UVue
UV visualization booth — shows beachgoers where sunscreen is applied (and where it isn’t) using a mirror-based UV camera system powered entirely by sunlight.
Concept
A freestanding photo-booth-style kiosk at beaches, resorts, and public pools. Uses a two-way mirror with an OLED display behind it to overlay UV absorption data directly onto the user’s reflection. Sunscreen-covered skin appears dark under UV; missed spots glow bright.
The booth doesn’t add UV exposure — it visualizes what the sun is already doing.
Revenue Model
| Tier | Description |
|---|---|
| Free | 30-second spot check (rate-limited via face detection, 1/person/day) |
| $5 | 5-minute full scan + UV forecast projection |
| $0.25/min | Overtime after paid session |
| $30 | Summer pass — unlimited scans, UWB auto-activation |
Sunscreen vending (single-use packets) at the booth for impulse purchase after seeing gaps.
Channels
- Pay-per-use public booths — operated at beaches, boardwalks
- Wholesale to hospitality — turnkey units for resorts, water parks, cruise ships, public pools ($2-5k/unit)

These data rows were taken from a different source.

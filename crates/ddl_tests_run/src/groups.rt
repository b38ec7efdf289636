//! Worked rows, and a long chain and a large group.
use ddl_base::{NoMemory, Span};
use ddl_groups::groups;
use ddl_names::{Bound, BuiltIn, Resolved, Use};
use ddl_sample_groups::{Uses, declarations, declared};
use std::alloc::Global;
use std::test::Fail;

const SPAN: Span = Span {
    module: 1,
    from: 0,
    to: 1,
};

/// So many declarations with these uses, each of the second declaration by the first.
fn resolved(alloc: Global, count: u32, uses: &[(u32, u32)]) -> Result<Resolved, NoMemory> {
    let mut decls = Vec::new(alloc);
    let mut all = Vec::new(alloc);
    for declaration in 0..count {
        decls.push(declared(alloc, all.len())?)?;
        for (from, to) in uses {
            if *from == declaration {
                all.push(Use {
                    span: SPAN,
                    bound: Bound::Decl(*to),
                })?;
            }
        }
    }
    Ok(Resolved {
        units: Vec::new(alloc),
        decls,
        uses: all,
    })
}

fn told(alloc: Global, count: u32, uses: &[(u32, u32)]) -> Result<String, NoMemory> {
    let found = groups(alloc, &resolved(alloc, count, uses)?)?;
    let text = format!(in alloc; "{:?}", found.lists)?;
    Ok(text)
}

#[test]
fn groups_stand_in_the_order_of_need_and_of_text(rt: HostRuntime) -> Result<(), Fail> {
    let alloc = rt.alloc();
    assert_eq!(rt; told(alloc, 0, [].as_slice())?.as_str(), "[]");
    assert_eq!(rt; told(alloc, 1, [(0, 0)].as_slice())?.as_str(), "[[0]]");
    assert_eq!(rt;
        told(alloc, 3, [(0, 2)].as_slice())?.as_str(),
        "[[1], [2], [0]]"
    );
    assert_eq!(rt;
        told(
            alloc,
            4,
            [(0, 1), (1, 0), (0, 2), (2, 3), (3, 2)].as_slice()
        )?
        .as_str(),
        "[[2, 3], [0, 1]]"
    );
    assert_eq!(rt;
        told(
            alloc,
            5,
            [(0, 4), (4, 2), (2, 0), (3, 1), (1, 4)].as_slice()
        )?
        .as_str(),
        "[[0, 2, 4], [1], [3]]"
    );
    Ok(())
}

/// Each declaration uses the next, and in the group the last one the first.
#[test]
fn a_long_chain_and_a_large_group_are_no_trouble(rt: HostRuntime) -> Result<(), Fail> {
    let alloc = rt.alloc();
    let chain = declarations(alloc, Uses::Chain, 60_000, 1)?;
    assert_eq!(rt; groups(alloc, &chain)?.lists.len(), 60_000);
    let ring = declarations(alloc, Uses::Ring, 60_000, 1)?;
    assert_eq!(rt; groups(alloc, &ring)?.lists.len(), 1);
    Ok(())
}

/// The first of three declarations uses the last, and the last the second: the uses are told by where they begin.
#[test]
fn uses_stand_in_their_declarations(rt: HostRuntime) -> Result<(), Fail> {
    let alloc = rt.alloc();
    let mut decls = Vec::new(alloc);
    let mut uses = Vec::new(alloc);
    for first_use in [0, 3, 3] {
        decls.push(declared(alloc, first_use)?)?;
    }
    for bound in [
        Bound::Local(SPAN),
        Bound::Decl(2),
        Bound::BuiltIn(BuiltIn::UInt8),
        Bound::Decl(1),
    ] {
        uses.push(Use { span: SPAN, bound })?;
    }
    let resolved = Resolved {
        units: Vec::new(alloc),
        decls,
        uses,
    };
    let found = groups(alloc, &resolved)?;
    let text = format!(in alloc; "{:?}", found.lists)?;
    assert_eq!(rt; text.as_str(), "[[1], [2], [0]]");
    Ok(())
}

- Sponsored/grant-funded — public health deployments via health departments, dermatology orgs, sunscreen brand sponsorships
Prior Art
- Sunscreenr (Voxelight, Chapel Hill NC) — handheld UV camera, Shark Tank S8. Deal with Kevin O’Leary fell through. Never shipped to most Kickstarter backers. Out of business by 2022. Failed on manufacturing/sourcing, not demand.

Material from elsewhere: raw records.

//! Types as they are solved, and stacks of them.

ghost use Rattle.std.specs.Prelude.{◌≡◌, ◌∷◌, ◌++◌, IfOk, OnOk, map};
ghost use Rattle.ddl_types.specs.Types.{on};
ghost use Rattle.ddl_types.specs.TyView.{ty_view};
ghost use Rattle.ddl_unify.specs.State.{solution};
ghost use Rattle.ddl_schemes.specs.FoundView.{waiting};

use ddl_base::NoMemory;
use ddl_types::Ty;
use ddl_unify::Solver;
use std::alloc::Global;

/// Types as they are solved.
pub(crate) fn read_all(alloc: Global, solver: &Solver, types: &[Ty]) -> Result<Vec<Ty>, NoMemory>
    ensures { IfOk result (λ v. map ty_view v.items ≡ map (λ t. on t (solution solver.now)) (map ty_view types.now)) }
{
    let mut read = Vec::new(alloc);
    for t in types {
        read.push(solver.read(t)?)?;
    }
    Ok(read)
}

/// Puts types on a stack, the first one last.
#[tactic(auto, using(crate::proofs::Stacks::stacks))]
pub(crate) fn push_all(stack: &mut Vec<Ty>, mut types: Vec<Ty>) -> Result<(), NoMemory>
    ensures { OnOk result (waiting stack.new.items ≡ map ty_view types.items ++ waiting stack.old.items) }
{
    while let Some(t) = types.pop() {
        stack.push(t)?;
    }
    Ok(())
}

/// Puts two types on a stack, the first one last.
#[tactic(auto, using(crate::proofs::Stacks::stacks))]
pub(crate) fn push_two(stack: &mut Vec<Ty>, first: Box<Ty>, second: Box<Ty>) -> Result<(), NoMemory>
    ensures { OnOk result (waiting stack.new.items ≡ ty_view first.value ∷ ty_view second.value
        ∷ waiting stack.old.items) }
{
    stack.push(Box::into_inner(second))?;
    stack.push(Box::into_inner(first))?;
    Ok(())
}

- Nurugo SPF — phone-attached UV camera, low resolution
- Voxelight UV Mirror — sold to Zeiss for Walmart optical departments. Proved the mirror concept commercially.

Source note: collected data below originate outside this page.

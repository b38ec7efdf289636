//! Worked rows over a prelude, a module and two that it imports.
use ddl_base::{Bytes, NoMemory};
use ddl_names::{Bound, BuiltIn, Resolved, resolve};
use ddl_samples::names;
use ddl_tree::{Decl, Expr, Module, Name, Param, SourceUnit};
use std::alloc::Global;
use std::test::Fail;

/// Two declarations of the module, each with the one name that it uses or with none, and what is told of them: the first
/// use of each declaration, and what the uses in the module are bound to.
const ROWS: [([(&str, &str); 2], &str); 13] = [
    (
        [("M", "Foo"), ("N", "END")],
        "Unknown(Span { module: 1, from: 2, to: 2 })",
    ),
    (
        [("M", "END"), ("M", "END")],
        "Twice(Span { module: 1, from: 10, to: 10 }, Span { module: 1, from: 0, to: 0 })",
    ),
    (
        [("M", "F"), ("N", "END")],
        "TwoImports(Span { module: 1, from: 2, to: 2 }, 2, 3)",
    ),
    (
        [("m", "END"), ("N", "END")],
        "WrongKind(Span { module: 1, from: 2, to: 2 })",
    ),
    (
        [("M", "Match"), ("N", "END")],
        "WrongCount { span: Span { module: 1, from: 2, to: 2 }, given: 0, wanted: 1 }",
    ),
    (
        [("M", "Foo"), ("N", "F")],
        "Unknown(Span { module: 1, from: 2, to: 2 })",
    ),
    (
        [("M", "F"), ("N", "Foo")],
        "TwoImports(Span { module: 1, from: 2, to: 2 }, 2, 3)",
    ),
    (
        [("m", "x"), ("N", "END")],
        "[0, 1, 2, 3, 4, 5] Local(Span { module: 1, from: 1, to: 1 }) BuiltIn(End)",
    ),
    (
        [("M", "N"), ("N", "M")],
        "[0, 1, 2, 3, 4, 5] Decl(2) Decl(1)",
    ),
    (
        [("M", "P"), ("N", "G")],
        "[0, 1, 2, 3, 4, 5] Decl(0) Decl(5)",
    ),
    ([("m", ""), ("N", "P")], "[0, 1, 1, 2, 3, 4] Decl(0)"),
    ([("M", "P"), ("n", "")], "[0, 1, 2, 2, 3, 4] Decl(0)"),
    (
        [("END", "P"), ("N", "END")],
        "[0, 1, 2, 3, 4, 5] Decl(0) Decl(1)",
    ),
];

fn name(alloc: Global, text: &str, module: u32, place: u32) -> Result<Name, NoMemory> {
    names::name(alloc, text.as_bytes(), names::span(module, place, place))
}

/// The name of a value or of a grammar, as it is spelled; or else no name.
fn body(text: &str, name: Name) -> Expr {
    match text.as_bytes().first() {
        None => Expr::True(name.span),
        Some(b'a'..=b'z') => Expr::Lower(name),
        Some(_) => Expr::Upper(name),
    }
}

/// `def M = e`, or `def m x = e`. Names that stand in it have places behind this one.
fn decl(alloc: Global, words: (&str, &str), module: u32, place: u32) -> Result<Decl, Fail> {
    let (called, used) = words;
    let name_of_it = name(alloc, called, module, place)?;
    let body = body(used, name(alloc, used, module, place.saturating_add(2))?);
    let span = name_of_it.span;
    let mut params = Vec::new(alloc);
    match called.as_bytes().first() {
        Some(b'a'..=b'z') => {
            params.push(Param::Lower(name(alloc, "x", module, place.saturating_add(1))?))?;
            Ok(Decl::Value {
                name: name_of_it,
                params,
                result: None,
                body,
                span,
            })
        }
        _ => Ok(Decl::Grammar {
            name: name_of_it,
            params,
            result: None,
            body,
            span,
        }),
    }
}

/// A module of these declarations.
fn unit(
    alloc: Global,
    module: u32,
    imports: &[u32],
    words: &[(&str, &str)],
) -> Result<SourceUnit, Fail> {
    let mut decls = Vec::new(alloc);
    let mut place = 0u32;
    for row in words {
        decls.push(decl(alloc, *row, module, place)?)?;
        place = place.saturating_add(10);
    }
    Ok(SourceUnit {
        name: Bytes::of(alloc, b"A")?,
        tree: Module {
            imports: Vec::new(alloc),
            decls,
        },
        imports: imports.to_vec(alloc)?,
    })
}

fn units(alloc: Global, words: &[(&str, &str)]) -> Result<Vec<SourceUnit>, Fail> {
    let mut units = Vec::new(alloc);
    units.push(unit(alloc, 0, [].as_slice(), [("P", "UInt8")].as_slice())?)?;
    units.push(unit(alloc, 1, [2, 3].as_slice(), words)?)?;
    units.push(unit(alloc, 2, [].as_slice(), [("F", "UInt8")].as_slice())?)?;
    units.push(unit(
        alloc,
        3,
        [].as_slice(),
        [("F", "UInt8"), ("G", "UInt8")].as_slice(),
    )?)?;
    Ok(units)
}

/// A built-in name of the rows.
pub(crate) fn builtin(name: BuiltIn) -> &'static str {
    match name {
        BuiltIn::End => "End",
        BuiltIn::Fail => "Fail",
        BuiltIn::UInt8 => "UInt8",
        _ => "another",
    }
}

fn bound(alloc: Global, bound: Bound) -> Result<String, Fail> {
    let text = match bound {
        Bound::Local(span) => format!(in alloc; " Local({span:?})")?,
        Bound::Decl(number) => format!(in alloc; " Decl({number})")?,
        Bound::BuiltIn(name) => format!(in alloc; " BuiltIn({})", builtin(name))?,
    };
    Ok(text)
}

fn shown(alloc: Global, resolved: &Resolved) -> Result<String, Fail> {
    let mut firsts = Vec::new(alloc);
    for decl in &resolved.decls {
        firsts.push(decl.first_use)?;
    }
    let mut text = format!(in alloc; "{firsts:?}")?;
    for found in &resolved.uses {
        if found.span.module == 1 {
            text.push_str(bound(alloc, found.bound)?.as_str())?;
        }
    }
    Ok(text)
}

#[test]
fn names_are_bound(rt: HostRuntime) -> Result<(), Fail> {
    let alloc = rt.alloc();
    for (words, want) in &ROWS {
        let text = match resolve(alloc, units(alloc, words.as_slice())?) {
            Ok(resolved) => shown(alloc, &resolved)?,
            Err(error) => format!(in alloc; "{error:?}")?,
        };
        assert_eq!(rt; text.as_str(), *want);
    }
    Ok(())
}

- Academic validation: PMC study (PMC10501517) found 83% of participants would use UV photography again. All three camera systems tested were adequate for detecting SPF 15-50+.
Key Design Principles
- Honesty over urgency — No supplemental UV lighting that inflates how bad coverage looks. The sun provides the illumination; cloudy day = low UV = less contrast = accurate.
- Projection with transparency — Can simulate future UV intensity (2-hour forecast from NOAA data) by increasing LED illumination, but clearly labeled “SIMULATED — projected UV at 2 hours.” This shows future UV levels, NOT sunscreen degradation modeling.
- Accessible — Works on all skin tones, all sunscreen types (cream, spray, powder, SPF 15+).